她不便違拗,道聲“謝母后”,便坐了下來。
“這些日子哀家身子有些沉,頭也痛得厲害,各宮各頭每日都來侍疾,你如今既然也回京了,就輪着也來瞧瞧,不求你伺候什麼,只是見個臉,朝中說不出話來,也省得在那北五所裡閒混,懂麼?”
高曖聞言起身:“兒臣謹遵母后懿旨。”
顧太后低低的“嗯”了一聲,跟着道:“哀家有些口乾了,拿杯水來。”
她應了聲,擡步來到近旁,在那盞中添了些熱水,又拿手試過溫涼,這才端到面前。
顧太后身子向上擡,想坐起來,但臉上卻一副吃力的樣子。
高曖正想伸手去扶,卻聽外頭有個熟悉的聲音叫了聲:“母后,兒臣拜見。”
顧太后一聽那聲音,眉眼登時都舒展開了,沉沉的臉上竟也瑩起一抹潤色,“噌”的坐起身來,滿面歡喜地叫道:“昶兒來了,快,快到哀家這兒來!”
珠簾撩起,一身緋紅色團龍錦袍的高昶跨步而入。
才一擡眼,便瞧見那高曖,那雙眼立時便頓住了,呆了呆,才走到軟榻旁。
“兒臣今日來得遲了,母后覺得如何?”
顧太后抓着手,拉他在軟榻上坐下:“還不是老樣子,你這孩子可也寬心,昨兒才坐了半日,今日更好,這般時候纔來。”

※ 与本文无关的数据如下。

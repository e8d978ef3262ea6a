ghost use Rattle.std.specs.Prelude.{◌≡◌, [], Some, All, IfOk, IfErr};
ghost use Rattle.plc_base.specs.declared.Profile.TheVariants.{Large};
ghost use Rattle.plc_io.specs.Moments.{FilesAt};
ghost use Rattle.var_access.specs.Entry.{IsValid};
ghost use Rattle.generator.specs.Source.{source_text};
ghost use Rattle.sem_kept.specs.Agreement.{KeepsSource};
ghost use Rattle.s7_cli.specs.Command.{Gen};
ghost use Rattle.s7_cli.specs.declared.failures.Failure.TheVariants.{NoMemory};
ghost use Rattle.s7_cli.specs.Ends.{EndsWithStatus, sink_moments};
ghost use Rattle.s7_cli.specs.Inner.{ComesBeforeLine, SaysRefusal};
ghost use Rattle.s7_cli.specs.Reading.{disk_moments};
ghost use Rattle.s7_cli.specs.Says.{GenSays};
ghost use Rattle.s7_cli.specs.StatusTable.{StatusTable};

use crate::compiling::compiled;
use crate::failures::{ExitStatus, Failure};
use crate::finish::{end_command, write_text};
use crate::nowhere::Nowhere;
use crate::run_text::{controller_at_start, write_entries};
use crate::summaries::summary_line;
use controller::Controller;
use generator::{history, source_text};
use image_file::Loaded;
use plc_io::Sink;
use std::alloc::Global;
use var_access::Entries;

/// The program of a number, compiled.
fn program_of_number(alloc: Global, number: u32) -> Result<Loaded, Failure>
    ensures keeps { IfOk result (λ l. KeepsSource Large (source_text number) [] l.program) }
    ensures large { IfOk result (λ l. l.profile ≡ Large) }
    ensures refused { SaysRefusal (GenSays number) result }
{
    let source = source_text(alloc, number)?;
    Ok(compiled(alloc, &source, &[])?)
}

/// A controller that has run a program along a history.
fn controller_behind(
    alloc: Global,
    program: Loaded,
    entries: &Entries,
) -> Result<Controller, Failure>
    requires { All IsValid entries.now.entries }
    ensures ok { IfOk result (λ c. c ≡ record {
      program = program.program;
      profile = program.profile;
      history = entries.now.entries;
      spare = 0;
    }) }
    ensures err { IfErr result (λ failure. failure ≡ NoMemory) }
{
    let Ok(mut controller) = controller_at_start(alloc, program, entries.len()) else {
        return Err(Failure::NoMemory);
    };
    let mut text = Vec::new(alloc);
    match write_entries(&mut controller, entries, &mut Nowhere, &mut text) {
        Ok(()) => Ok(controller),
        Err(_) => Err(Failure::NoMemory),
    }
}

/// Compiles the program of a number, runs it along the history of the number, and writes the
/// summary.
fn generate<K: Sink>(alloc: Global, number: u32, out: &mut K) -> Result<(), Failure>
    ensures { (files : FilesAt) → ComesBeforeLine (Some (Gen number)) (disk_moments files files)
        (sink_moments (K.shown out.old) (K.shown out.new)) result }
{
    let program = program_of_number(alloc, number)?;
    let entries = history(alloc, number)?;
    let controller = controller_behind(alloc, program, &entries)?;
    write_text(out, summary_line(number, &controller).as_slice())
}

/// Makes the program and the history of a number, runs the one along the other, and writes the
/// summary: how many entries the history has, the mode behind them, and the sum of the bytes MB 0
/// to MB 255; or the line of a refusal. No file is read.
pub fn cmd_gen<K: Sink>(alloc: Global, number: u32, out: &mut K) -> ExitStatus
    ensures ends { (files : FilesAt)
        → EndsWithStatus (Some (Gen number)) (disk_moments files files)
        (sink_moments (K.shown out.old) (K.shown out.new)) result.code }
    ensures table { (files : FilesAt) → StatusTable (Some (Gen number)) (disk_moments files files)
        (sink_moments (K.shown out.old) (K.shown out.new)) result.code }
{
    let came = generate(alloc, number, out);
    end_command(out, came)
}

高昶撫着她的手微笑道:“母后勿怪,陛下正好交代了差事,兒臣辦妥了這不就來了麼?”
“什麼差事這麼要緊?皇上隨便交託個人便是了,何必非要你親自去辦?”顧太后使性似的一顰眉。
這次高昶卻只是笑笑,並沒答話,卻轉過頭來對高曖道:“四妹也來了,幾時回的京,我都沒得着信。”
高曖斂衽行了一禮:“多謝三哥掛懷,雲和也是剛到,不知母后慈躬違和,這纔來拜見。”
顧太后斜了她一眼,眉頭又是一擰,便揮揮手道:“哀家有話和昶兒說,不用伺候了,待輪着你時再來吧。”

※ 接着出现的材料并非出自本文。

ghost use Rattle.std.specs.Prelude.{◌≡◌, Some, false, is_some};
ghost use Rattle.std.specs.List.{slice_get};
ghost use Rattle.std.specs.Option.{option_copied};
ghost use Rattle.block_layout.specs.Members.{component_of_name};
ghost use Rattle.block_layout.specs.Paths.{
  OffsetIsNear,
  ReachesSound,
  cells_at,
  elementary_at,
  if_whole,
  in_sections,
  kind_of,
  plain_kind,
  setting_structure,
  shape_block,
  structure_of,
  path_end_in_data_block,
  path_end_of_local,
  path_end_or_unjudged,
  path_end_of_setting,
  whole_at,
};

use crate::blocks::{BlockLayout, Shape};
use crate::cells::{Cell, Element};
use crate::path_ends::{
    ComponentAt, PathEnd, is_used_up, layout_at, outermost, walk_from, walk_on,
};
use stl_ast::{PathStep, Simple};

/// The block at this place in the source, where it breaks no rule as a whole.
pub(crate) fn whole_at(layouts: &[BlockLayout], block: usize) -> Option<&BlockLayout>
    ensures { option_copied result ≡ whole_at layouts.now block }
{
    let found = layouts.get(block)?;
    if found.broken { None } else { Some(found) }
}

/// The place of a block that breaks no rule as a whole.
pub(crate) fn if_whole(layouts: &[BlockLayout], block: usize) -> Option<usize>
    ensures { result ≡ if_whole layouts.now block }
{
    if whole_at(layouts, block).is_some() {
        Some(block)
    } else {
        None
    }
}

fn shape_block(layouts: &[BlockLayout], block: usize, shape: Shape) -> Option<usize>
    ensures { result ≡ shape_block layouts.now block shape }
{
    match shape {
        Shape::Own => Some(block),
        Shape::Of { block: other } => if_whole(layouts, other),
        Shape::Unknown => None,
    }
}

/// The block that declares the components of a data block, where neither of the two is broken.
pub(crate) fn structure_of(layouts: &[BlockLayout], block: usize) -> Option<usize>
    ensures { result ≡ structure_of layouts.now block }
{
    let found = whole_at(layouts, block)?;
    shape_block(layouts, block, found.shape)
}

/// The block that declares the components of a data block, which may itself be broken, as its
/// settings are checked all the same.
pub(crate) fn setting_structure(layouts: &[BlockLayout], block: usize) -> Option<usize>
    ensures { result ≡ setting_structure layouts.now block }
{
    let found = layouts.get(block)?;
    shape_block(layouts, block, found.shape)
}

fn walk_or_unjudged(layouts: &[BlockLayout], structure: Option<usize>, path: &[PathStep]) -> PathEnd
    ensures value { result ≡ path_end_or_unjudged layouts.now structure path.now }
    ensures near { OffsetIsNear result }
{
    match structure {
        None => PathEnd::Unjudged,
        Some(block) => walk_from(layouts, block, false, path),
    }
}

/// Where the target of a setting leads.
#[tactic(auto, unfolding(crate::specs::Paths::path_end_of_setting))]
pub(crate) fn walk_setting(layouts: &[BlockLayout], block: usize, path: &[PathStep]) -> PathEnd
    ensures value { result ≡ path_end_of_setting layouts.now block path.now }
    ensures near { OffsetIsNear result }
{
    walk_or_unjudged(layouts, setting_structure(layouts, block), path)
}

/// Where a path into a data block leads.
#[tactic(auto, unfolding(crate::specs::Paths::path_end_in_data_block))]
pub(crate) fn walk_data(layouts: &[BlockLayout], block: usize, path: &[PathStep]) -> PathEnd
    ensures value { result ≡ path_end_in_data_block layouts.now block path.now }
    ensures near { OffsetIsNear result }
{
    walk_or_unjudged(layouts, structure_of(layouts, block), path)
}

#[tactic(auto, unfolding(crate::specs::Members::component_of_name))]
pub(crate) fn has_component(layouts: &[BlockLayout], block: usize, name: &[u8]) -> bool
    ensures { result
        ≡ is_some (component_of_name 0 0 0 name.now (cells_at layouts.now block false)) }
{
    match layout_at(layouts, block, false) {
        None => false,
        Some(layout) => layout.outermost(name).is_some(),
    }
}

/// Where a name leads in the sections of a block, of which VAR_TEMP is the last.
#[tactic(auto, using(crate::proofs::WalkLemmas::outermost_reaches))]
pub(crate) fn in_sections(layouts: &[BlockLayout], block: usize, name: &[u8]) -> PathEnd
    ensures value { result ≡ in_sections layouts.now block name.now }
    ensures near { OffsetIsNear result }
    ensures sound { ReachesSound layouts.now result }
{
    let temporary = !has_component(layouts, block, name);
    outermost(layouts, block, temporary, 0, name)
}

/// Where a path in the body of a block leads, into its own variables.
#[tactic(auto, unfolding(crate::specs::Paths::path_end_of_local))]
pub(crate) fn walk_local(
    layouts: &[BlockLayout],
    block: usize,
    name: &[u8],
    path: &[PathStep],
) -> PathEnd
    ensures value { result ≡ path_end_of_local layouts.now block name.now path.now }
    ensures near { OffsetIsNear result }
{
    if whole_at(layouts, block).is_none() {
        return PathEnd::Unjudged;
    }
    let found = in_sections(layouts, block, name);
    walk_on(layouts, found, path)
}

fn plain_kind(of: Element) -> Option<Simple>
    ensures { result ≡ plain_kind of }
{
    match of {
        Element::Plain { kind } => Some(kind),
        _ => None,
    }
}

fn kind_of(component: ComponentAt, cell: &Cell) -> Option<Simple>
    ensures { result ≡ kind_of component (Some cell.now) }
{
    if is_used_up(cell, component.depth) {
        plain_kind(cell.of)
    } else {
        None
    }
}

/// The elementary type of the component that a path reaches.
pub(crate) fn elementary_at(layouts: &[BlockLayout], component: ComponentAt) -> Option<Simple>
    ensures { result ≡ elementary_at layouts.now component }
{
    let layout = layout_at(layouts, component.block, component.temporary)?;
    let cell = layout.cell_at(component.place)?;
    kind_of(component, cell)
}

高曖瞧得出她顧着和兒子說話,自己在這裡自然是礙眼了,於是便將茶盞放了:“那兒臣便告退了。”
顧太后看也沒看,又不耐煩的揮了揮手,正要和高昶說話,卻見他忽然長身而起:“母后稍待片刻,兒臣送送四妹。”
“送她做什麼?又不是沒長腿腳,走不得路。母后這小半日沒見你,心裡便空落落的,今日哪兒也不許去,便在這陪我說話,快坐下來。”
高昶在她手上拍了拍,溫言道:“兒臣特意趕着把差事辦完,爲的便是多抽些工夫陪母后說話,左右到晚間時候還長得很,母后又何必着急?反倒是四妹剛剛回宮便來拜見母后,這份孝心着實難得,兒臣不過略說幾句話,送她出去而已,順便再幫母后把藥端來。”
“那好,你可快些,若是遲了,那藥我便不喝了。”顧太后怏怏的答應下來,樣子極不情願。
“母后放心,遲不了。”
高昶一笑,陪着高曖出了內室,一路來到殿外。
高曖不願多事,便頓住腳。
“我自己出門便好,三哥快回去吧,免得母后掛心。”
“母后就是這般脾氣,年紀愈大反而愈像個孩子,回頭哄哄便好,急也不急這片刻。胭蘿,看你又清減了,想是這些日子在夷疆吃了不少苦吧?”
高昶話音未落,背後突然有人冷悽悽的笑道:“喲,胭蘿,這名字取的可真好,本宮還是頭回聽說,看來晉王殿下同雲和的兄妹之情果真不一般呢。”